The works included in this dissertation focus on the application of analytical and biochemical methodologies to study metal-binding and metal-regulating biomolecules. Additionally, aspects of molecular biology, programming, and spectroscopy are found in these works. This thesis describes the implementation of mass spectrometry-based techniques to understand metal dynamics in the extracellular space. Chapter One describes the current state of mass-spectrometry-based applications toward the discovery of metal-binding species and methods to determine metal-interaction sites. This chapter highlights techniques for understanding metal dynamics of metal-binding biomolecules as well as monitoring the distribution of metal micronutrient speciation in the extracellular space. Topics include sample preparation, native and non-native mass spectrometry (NMS), size exclusion chromatography coupled with inductively coupled plasma mass spectrometry (SEC-ICP-MS), and immobilized metal affinity chromatography (IMAC). This chapter will provide the framework for the following chapters in this thesis.
Chapter Two describes efforts to elucidate the zinc and copper binding propensity and binding site of the peptide hormone C-peptide. Methods used include mass spectrometry (MS), nuclear magnetic resonance (NMR), ultraviolet–visible light spectroscopy, and isothermal calorimetry (ITC). These studies determined that Cu2+ binding occurs primarily at the N-terminus; however, other interaction sites beyond what could be confidently detected may occur at the C-terminal region.

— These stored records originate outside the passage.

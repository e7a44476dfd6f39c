//! Offers to a taker, one candidate at a time.

ghost use Rattle.std.specs.Prelude.{◌≡◌, ◌≤◌, ◌&&◌, not, is_none, All, length, IfOk, OnOk, OnErr};
ghost use Rattle.sched_book.specs.Limits.{most_instances, most_workunits};
ghost use Rattle.sched_book.specs.Places.{is_before};
ghost use Rattle.sched_book.specs.Offers.{unsent, unsent_in, OffersAll, OffersSome, Offered, OfferedSome};
ghost use Rattle.sched_book.specs.declared.instance.UnitBook.{UnitBook};

use crate::count::book_status;
use crate::desk::{Candidate, Flow, Taker};
use crate::instance::{Instance, Place, UnitBook};
use crate::world::World;
use texts::Memory;

/// Whether an instance is to be offered, if the offers begin at `from`.
fn is_offered(from: Place, place: Place, instance: &Instance) -> bool
    ensures { result ≡ (is_none instance.now.owner && not (is_before place from)) }
{
    instance.owner.is_none() && from <= place
}

/// Offers the candidates of one workunit, and returns whether the taker wants more.
fn offer_unit<T: Taker>(
    taker: &mut T,
    from: Place,
    unit: u32,
    book: &UnitBook,
) -> Result<Flow, Memory>
    requires { length book.now.instances ≤ most_instances }
    ensures ok { IfOk result (Offered T.takes taker.old (unsent_in from unit book.now.unit 0 book.now.instances) taker.new) }
    ensures err { OnErr result (OfferedSome T.takes taker.old (unsent_in from unit book.now.unit 0 book.now.instances) taker.new) }
{
    let mut candidate = Candidate {
        place: Place { unit, number: 0 },
        unit: book.unit.clone()?,
    };
    for (number, instance) in book.instances.as_slice().iter().enumerate() {
        candidate.place = Place {
            unit,
            number: number as u32,
        };
        if is_offered(from, candidate.place, instance) {
            match taker.offer(&candidate) {
                Flow::GoOn => {}
                Flow::Stop => return Ok(Flow::Stop),
            }
        }
    }
    Ok(Flow::GoOn)
}

/// Offers all candidates from a place on.
pub(crate) fn offer_all<T: Taker>(world: &World, from: Place, taker: &mut T) -> Result<(), Memory>
    requires units { length world.now.units ≤ most_workunits }
    requires instances { All (λ (b : UnitBook). length b.instances ≤ most_instances) world.now.units }
    ensures all { OnOk result (OffersAll T.takes taker.old (unsent world.now from) taker.new) }
    ensures some { OnErr result (OffersSome T.takes taker.old (unsent world.now from) taker.new) }
{
    for (index, book) in world.units.as_slice().iter().enumerate() {
        if book_status(world.apps.as_slice(), book).is_open() {
            match offer_unit(taker, from, index as u32 + 1, book)? {
                Flow::GoOn => {}
                Flow::Stop => return Ok(()),
            }
        }
    }
    Ok(())
}
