/// Who can be asked about workunits and their instances.
///
/// If a look-up finds nothing, it returns `None` or an empty list. No call changes anything that a later call or a stop
/// of the program could show, even if it is unavailable: that is `reads`. The answer is that of the world if the storage
/// was honest to the end and the desk was well kept before.
pub trait Units {
    /// The world that it represents.
    ghost world: { Self → World };

    /// What it uses has not failed.
    ghost honest: { Self → Type 0 };

    /// What it keeps in two ways agrees.
    ghost well_kept: { Self → Type 0 };

    /// What reading may do to it.
    ghost reads: { Self → Self → Type 0 };

    /// Why a look-up may be unavailable, if what it uses did not fail and what it keeps in two ways agreed.
    ghost may_fail: { Self → Unavailable → Type 0 };

    /// The place of the workunit of this name.
    fn unit_by_name(&mut self, name: &str) -> Result<Option<u32>, Unavailable>
        ensures reads { reads self.old self.new }
        ensures answer { honest self.new → well_kept self.old → IfOk result (λ r. r ≡ unit_named (world self.old) name.now) }
        ensures causes { honest self.new → well_kept self.old → IfErr result (may_fail self.old) };

    /// The workunit at this place.
    fn unit(&mut self, alloc: Global, unit: u32) -> Result<Option<Workunit>, Unavailable>
        ensures reads { reads self.old self.new }
        ensures answer { honest self.new → well_kept self.old → IfOk result (λ r. r ≡ workunit_at (world self.old) unit) }
        ensures causes { honest self.new → well_kept self.old → IfErr result (may_fail self.old) };

    /// How the outputs of the workunit at this place are compared.
    fn agreement_of(&mut self, alloc: Global, unit: u32) -> Result<Option<Agreement>, Unavailable>
        ensures reads { reads self.old self.new }
        ensures answer { honest self.new → well_kept self.old → IfOk result (λ r. r ≡ agreement_at (world self.old) unit) }
        ensures causes { honest self.new → well_kept self.old → IfErr result (may_fail self.old) };

    /// The instance of this number of the workunit at this place.
    fn instance(
        &mut self,
        alloc: Global,
        unit: u32,
        number: u32,
    ) -> Result<Option<Instance>, Unavailable>
        ensures reads { reads self.old self.new }
        ensures answer { honest self.new → well_kept self.old →
            IfOk result (λ r. r ≡ instance_at (world self.old) (record { unit = unit; number = number })) }
        ensures causes { honest self.new → well_kept self.old → IfErr result (may_fail self.old) };

    /// The instances of the workunit at this place, by number.
    fn instances_of(&mut self, alloc: Global, unit: u32) -> Result<Listed<Instance>, Unavailable>
        ensures reads { reads self.old self.new }
        ensures few { IfOk result (λ r. length r ≤ most_instances) }
        ensures answer { honest self.new → well_kept self.old → IfOk result (λ r. r ≡ instances_at (world self.old) unit) }
        ensures causes { honest self.new → well_kept self.old → IfErr result (may_fail self.old) };

    // No call at all is a read, and two reads together are one.
    ghost reads_none: { (d : Self) → reads d d };

    ghost reads_on: { (a b c : Self) → reads a b → reads b c → reads a c };

    // What is honest after a read was honest before. A read keeps a desk well kept, and its world as it is.
    ghost stays_honest: { (a b : Self) → reads a b → honest b → honest a };

    ghost stays_kept: { (a b : Self) → reads a b → honest b → well_kept a → well_kept b };

    ghost stays_same: { (a b : Self) → reads a b → honest b → well_kept a → world b ≡ world a };

    // Memory may always run out. What may fail after a read, might have failed before it.
    ghost fails_for_memory: { (a : Self) → may_fail a (record { 0 = Memory }) };

    ghost stays_failing: { (a b : Self) → reads a b → honest b → well_kept a → (u : Unavailable) → may_fail b u → may_fail a u };
}
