//! The calls of the job machine and its answers. The machine itself is in another crate, which depends on this one. Its
//! words are defined here, so the definitions of one step can use them.

use crate::rows::Rows;
use rpc_records::{Reply, Request};

/// Who calls: the account's place, and the host's number if the host is already known.
#[derive(Clone, Copy, Debug, PartialEq, Eq)]
pub struct Caller {
    pub account: u32,
    pub host: Option<u32>,
}

/// What the machine hears.
#[derive(Drop)]
pub enum Call {
    /// A scheduler call of a host.
    Rpc(Caller, Request),
    /// New rows.
    Import(Rows),
    /// Time passes.
    Tick,
}

/// What the machine answers.
#[derive(Drop)]
pub enum Answered {
    Rpc(Reply),
    /// How many rows were added.
    Imported(u32),
    /// How many instances lapsed.
    Lapsed(u32),
}
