//! The limits of a world's values, of settings, and of what a call or an import brings. `specs/Limits.antt` defines the
//! ranges of a world's values and of settings.

pub use rpc_records::MOST_NUMBER;

/// The most accounts of a project.
pub const MOST_ACCOUNTS: usize = 10_000;

/// The most applications.
pub const MOST_APPS: usize = 100;

/// The most versions of all applications together.
pub const MOST_VERSIONS: usize = 1_000;

/// The most workunits.
pub const MOST_WORKUNITS: usize = 200_000;

/// The most hosts that settings may allow.
pub const MOST_HOSTS: usize = 100_000;

/// The most instances of a workunit, and the most that any of its counts may ask for.
pub const MOST_INSTANCES: usize = 100;

/// 10^18: the most operations and the most bytes that a workunit may ask for.
pub const MOST_AMOUNT: u64 = 1_000_000_000_000_000_000;

/// The longest delay bound, in seconds.
pub const MOST_DELAY: u32 = 100_000_000;

/// The most millicredits for one result.
pub const MOST_CREDIT: u32 = 100_000_000;

/// The greatest number of a version.
pub const MOST_VERSION_NUM: u32 = 1_000_000;

/// The greatest distance of two outputs that agree.
pub const MOST_DISTANCE: u64 = 1_000_000_000;

/// The most jobs on one day that settings may allow a host.
pub const MOST_QUOTA: u32 = 1_000_000;

/// The most jobs in progress that settings may allow a host.
pub const MOST_IN_PROGRESS: u32 = 1_000;

/// The most new jobs of one reply that settings may allow.
pub const MOST_TO_SEND: u32 = 100;

/// The longest time, in seconds, that settings may have a client wait.
pub const MOST_REQUEST_DELAY: u32 = 2_592_000;

/// The fewest bytes of the operator's word.
pub const LEAST_KEY_BYTES: usize = 8;

/// The longest text of an import, in bytes.
pub const MOST_IMPORT_BYTES: usize = 1_048_576;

Chapter Three focuses on identifying copper-binding peptides by IMAC. This chapter includes work towards the development and the utilization of IMAC to enrich synthetic metal binding peptides as well as the peptide hormone hepcidin – showing possible structural dependence of Hepcidin for Cu2+ mediated ternary complex formation. IMAC work was further extended to identify Cu2+ binding peptides from enzymatically digested rice bran. Specific peptides were selected based on common sequence motifs and hydrophobicity. Selected peptides were investigated for their Cu2+ binding and anti-oxidative properties through chelator, copper reduction, and copper reactivity assays. Lastly, we demonstrate through in vitro studies followed by western blot increased AMP-activated protein kinase (AMPK) activation for each peptide, indicating a link between altered copper bioavailability and decreased diabetic complications.

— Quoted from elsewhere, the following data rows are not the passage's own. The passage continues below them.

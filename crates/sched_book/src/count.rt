//! What is counted of a workunit and of its instances, from scratch: the plain slow program of the definitions.
//!
//! Agreement, the canonical result, need, status and verdict. Nothing here takes memory.

ghost use Rattle.std.specs.Prelude.{◌≡◌, ◌<◌, ◌≤◌, ◌^◌, ◌+◌, true, length, take, drop, nat_le};
ghost use Rattle.std.specs.List.{prefix_len};
ghost use Rattle.std.specs.List.Sorted.{IsNonDecreasingBy};
ghost use Rattle.arrayvec.specs.ArrayVec.{array_vec_len};
ghost use Rattle.sched_book.specs.Count.{agree, output_of, place_of, put_by, good, errors, live, canonical, want, need, status_with, status, decided, verdict_by, verdict, is_valid};
ghost use Rattle.sched_book.specs.Places.{agreement_by, book_status};

use crate::ballots::first_leader_among;
use crate::instance::{Instance, Status, UnitBook, Verdict};
use crate::limits::MOST_INSTANCES;
use crate::rows::{Agreement, App, Workunit};
use crate::whole_numbers::{are_numbers_within, whole_number_of};
use arrayvec::ArrayVec;

/// Whether two outputs of an application agree.
pub fn agree(agreement: &Agreement, left: &str, right: &str) -> bool
    ensures { result ≡ agree agreement.now left.now right.now }
{
    match agreement {
        Agreement::Exact => left == right,
        Agreement::Within(distance) => {
            left == right
                || are_numbers_within(
                    *distance,
                    whole_number_of(left.as_bytes()),
                    whole_number_of(right.as_bytes()),
                )
        }
    }
}

/// The output that was reported of an instance; empty if it has no report.
pub(crate) fn output_at(instances: &[Instance], number: usize) -> &str
    ensures { result.now ≡ output_of instances.now number }
{
    match instances.get(number) {
        None => "",
        Some(instance) => match &instance.report {
            None => "",
            Some(outcome) => outcome.output.as_str(),
        },
    }
}

/// The place of an instance's judged report; 0 if it has none.
fn place_at(instances: &[Instance], number: usize) -> u32
    ensures { result ≡ place_of instances.now number }
{
    match instances.get(number) {
        None => 0,
        Some(instance) => match &instance.report {
            None => 0,
            Some(outcome) => outcome.place.unwrap_or(0),
        },
    }
}

/// Whether a report with this place belongs after all of these, in the order of their places.
fn is_last(instances: &[Instance], reports: &[usize], place: u32) -> bool
    requires { IsNonDecreasingBy (place_of instances.now) reports.now }
    ensures { result ≡ true → length reports.now ≡ prefix_len (λ j. nat_le (place_of instances.now j) place) reports.now }
{
    match reports.last() {
        None => true,
        Some(last) => place_at(instances, *last) <= place,
    }
}

/// The index at which a report belongs among these, in the order of their places: after those whose places are not
/// greater than its own. Mostly it is the last.
fn spot_among(instances: &[Instance], reports: &[usize], number: usize) -> usize
    requires { IsNonDecreasingBy (place_of instances.now) reports.now }
    ensures value { result ≡ prefix_len (λ j. nat_le (place_of instances.now j) (place_of instances.now number)) reports.now }
    ensures within { result ≤ length reports.now }
{
    let place = place_at(instances, number);
    if is_last(instances, reports, place) {
        return reports.len();
    }
    reports.partition_point(
        |other: &usize| -> bool
            ensures { result ≡ nat_le (place_of instances.entry.now other.now) place }
        { place_at(instances, *other) <= place },
    )
}

/// Inserts a report where it belongs among those in the order of their places.
fn put_report(instances: &[Instance], reports: &mut ArrayVec<usize, MOST_INSTANCES>, number: usize)
    requires room { array_vec_len reports.old < MOST_INSTANCES }
    requires order { IsNonDecreasingBy (place_of instances.now) reports.old.items }
    ensures items { reports.new.items ≡ put_by (place_of instances.now) reports.old.items number }
    ensures len { array_vec_len reports.new ≡ array_vec_len reports.old + 1 }
    ensures order { IsNonDecreasingBy (place_of instances.now) reports.new.items }
{
    let index = spot_among(instances, reports.as_slice(), number);
    reports.insert(index, number);
}

/// The good reports: the numbers of the judged successes, in the order of their places.
#[tactic(auto, using(crate::proofs::Reports::put_steps))]
fn good_reports(instances: &[Instance]) -> ArrayVec<usize, MOST_INSTANCES>
    requires { length instances.now ≤ MOST_INSTANCES }
    ensures { result.items ≡ good instances.now }
{
    let mut reports = ArrayVec::new();
    for (number, instance) in instances.iter().enumerate() {
        if instance.is_judged_success() {
            put_report(instances, &mut reports, number);
        }
    }
    reports
}

/// The number of the canonical result, if there is one.
pub fn canonical(agreement: &Agreement, unit: &Workunit, instances: &[Instance]) -> Option<usize>
    requires { length instances.now ≤ MOST_INSTANCES }
    ensures { result ≡ canonical agreement.now unit.now instances.now }
{
    let reports = good_reports(instances);
    let quorum = unit.min_quorum as usize;
    if quorum <= reports.len() {
        first_leader_among(
            agreement,
            instances,
            quorum / 2 + 1,
            reports.as_slice(),
            quorum,
        )
    } else {
        None
    }
}

/// How many judged successes a workunit has.
#[tactic(auto, using(crate::proofs::Reports::length_good))]
pub fn success_count(instances: &[Instance]) -> usize
    requires { length instances.now ≤ MOST_INSTANCES }
    ensures value { result ≡ length (good instances.now) }
    ensures few { result ≤ MOST_INSTANCES }
{
    instances
        .iter()
        .filter(|instance| instance.is_judged_success())
        .count()
}

/// How many judged client errors a workunit has.
pub fn error_count(instances: &[Instance]) -> usize
    ensures value { result ≡ errors instances.now }
    ensures few { result ≤ length instances.now }
{
    instances
        .iter()
        .filter(|instance| instance.is_judged_error())
        .count()
}

/// How many instances may still bring a result.
pub fn live_count(instances: &[Instance]) -> usize
    ensures value { result ≡ live instances.now }
    ensures few { result ≤ length instances.now }
{
    instances
        .iter()
        .filter(|instance| instance.is_live())
        .count()
}

/// How many results a workunit wants by now, with this number of successes.
fn wanted(unit: &Workunit, successes: usize) -> usize
    requires { successes ≤ MOST_INSTANCES }
    ensures value { result ≡ want unit.now successes }
    ensures small { result < 2 ^ 32 }
{
    let target = unit.target_nresults as usize;
    if unit.min_quorum as usize <= successes {
        target.max(successes + 1)
    } else {
        target
    }
}

/// How many more instances a workunit needs.
pub fn need(unit: &Workunit, instances: &[Instance]) -> usize
    requires { length instances.now ≤ MOST_INSTANCES }
    ensures value { result ≡ need unit.now instances.now }
    ensures small { result < 2 ^ 32 }
{
    let successes = success_count(instances);
    wanted(unit, successes)
        .saturating_sub(live_count(instances))
        .saturating_sub(successes)
}

/// What is decided of a workunit from its instances.
#[derive(Clone, Copy, Debug, PartialEq, Eq)]
pub struct Decided {
    /// The number of the canonical result, if there is one.
    pub canonical: Option<usize>,
    pub status: Status,
}

/// The status of a workunit that has this canonical result, or none.
fn status_with(canonical: Option<usize>, unit: &Workunit, instances: &[Instance]) -> Status
    requires { length instances.now ≤ MOST_INSTANCES }
    ensures { result ≡ status_with canonical unit.now instances.now }
{
    if canonical.is_some() {
        return Status::Done;
    }
    if (unit.max_error_results as usize) < error_count(instances) {
        return Status::FailedErrors;
    }
    if (unit.max_success_results as usize) < success_count(instances) {
        return Status::FailedSuccess;
    }
    if (unit.max_total_results as usize) < instances.len() + need(unit, instances) {
        return Status::FailedTotal;
    }
    Status::Open
}

/// Decides a workunit: its canonical result and its status. Each pair of good reports is compared at most once.
pub fn decide(agreement: &Agreement, unit: &Workunit, instances: &[Instance]) -> Decided
    requires { length instances.now ≤ MOST_INSTANCES }
    ensures { result ≡ decided agreement.now unit.now instances.now }
{
    let canonical = canonical(agreement, unit, instances);
    Decided {
        canonical,
        status: status_with(canonical, unit, instances),
    }
}

/// The status of a workunit.
pub fn status(agreement: &Agreement, unit: &Workunit, instances: &[Instance]) -> Status
    requires { length instances.now ≤ MOST_INSTANCES }
    ensures { result ≡ status agreement.now unit.now instances.now }
{
    decide(agreement, unit, instances).status
}

/// The verdict on one of the workunit's instances, by the number of the canonical result.
pub fn verdict_by(
    agreement: &Agreement,
    instances: &[Instance],
    canonical: Option<usize>,
    instance: &Instance,
) -> Option<Verdict>
    ensures { result ≡ verdict_by agreement.now instances.now canonical instance.now }
{
    let Some(number) = canonical else {
        return None;
    };
    let Some(outcome) = &instance.report else {
        return None;
    };
    if !outcome.is_judged_success() {
        return None;
    }
    if agree(
        agreement,
        outcome.output.as_str(),
        output_at(instances, number),
    ) {
        Some(Verdict::Valid)
    } else {
        Some(Verdict::Invalid)
    }
}

/// The verdict on one of the workunit's instances. There is none without a judged success, or while the workunit has no
/// canonical result.
pub fn verdict(
    agreement: &Agreement,
    unit: &Workunit,
    instances: &[Instance],
    instance: &Instance,
) -> Option<Verdict>
    requires { length instances.now ≤ MOST_INSTANCES }
    ensures { result ≡ verdict agreement.now unit.now instances.now instance.now }
{
    verdict_by(
        agreement,
        instances,
        canonical(agreement, unit, instances),
        instance,
    )
}

/// How the outputs of the application of this name are compared; if there is none, exactly.
pub fn agreement_by(apps: &[App], name: &str) -> Agreement
    ensures { result ≡ agreement_by apps.now name.now }
{
    match apps.iter().find(|app| app.name.is(name)) {
        None => Agreement::Exact,
        Some(app) => app.agreement,
    }
}

/// The status of a workunit with its instances, if these are the applications.
pub fn book_status(apps: &[App], book: &UnitBook) -> Status
    requires { length book.now.instances ≤ MOST_INSTANCES }
    ensures { result ≡ book_status apps.now book.now }
{
    status(
        &agreement_by(apps, book.unit.app.as_str()),
        &book.unit,
        book.instances.as_slice(),
    )
}

/// Whether a verdict says that the result is valid.
pub fn is_valid(verdict: Option<Verdict>) -> bool
    ensures { result ≡ is_valid verdict }
{
    match verdict {
        Some(Verdict::Valid) => true,
        Some(Verdict::Invalid) | None => false,
    }
}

Chapter Four includes developing and optimizing an IMAC procedure for enriching copper-interacting proteins from serum and plasma. This work describes buffer optimization, rational chelator selection, serum loading considerations, and applications for probing biological states. Specifically, this chapter describes the use of IMAC to investigate the strength of copper-mediated ternary complex formation of serum protein, revealing differences concerning the amount of serum applied to a fixed amount of resin. Further, work involving the analysis of plasma collected from patients with Wilson disease and without using a traditional proteomics workflow and the developed IMAC-proteomics workflow is described. Preliminary data from applying IMAC coupled with proteomics to enrich metal binding species from serum collected from obese and post-bariatric surgery mice. This work chapter showcases the use of IMAC beyond the identification of metal interacting species and provides evidence of changes in metal-binding propensities in disease states.
Chapter Five describes collaborative work towards understanding monosaccharides’ influence in the copper-containing ferroxidase ceruloplasmin. Previous work has demonstrated that ceruloplasmin concentration is decoupled to its bioactivity in the presence of monosaccharides such as glucose. Moreover, in the presence of ceruloplasmin degrades at a higher rate through an unknown mechanism. This chapter described our efforts to both substantiate these observations and elucidate the mechanism of glucose-dependent bioactivity.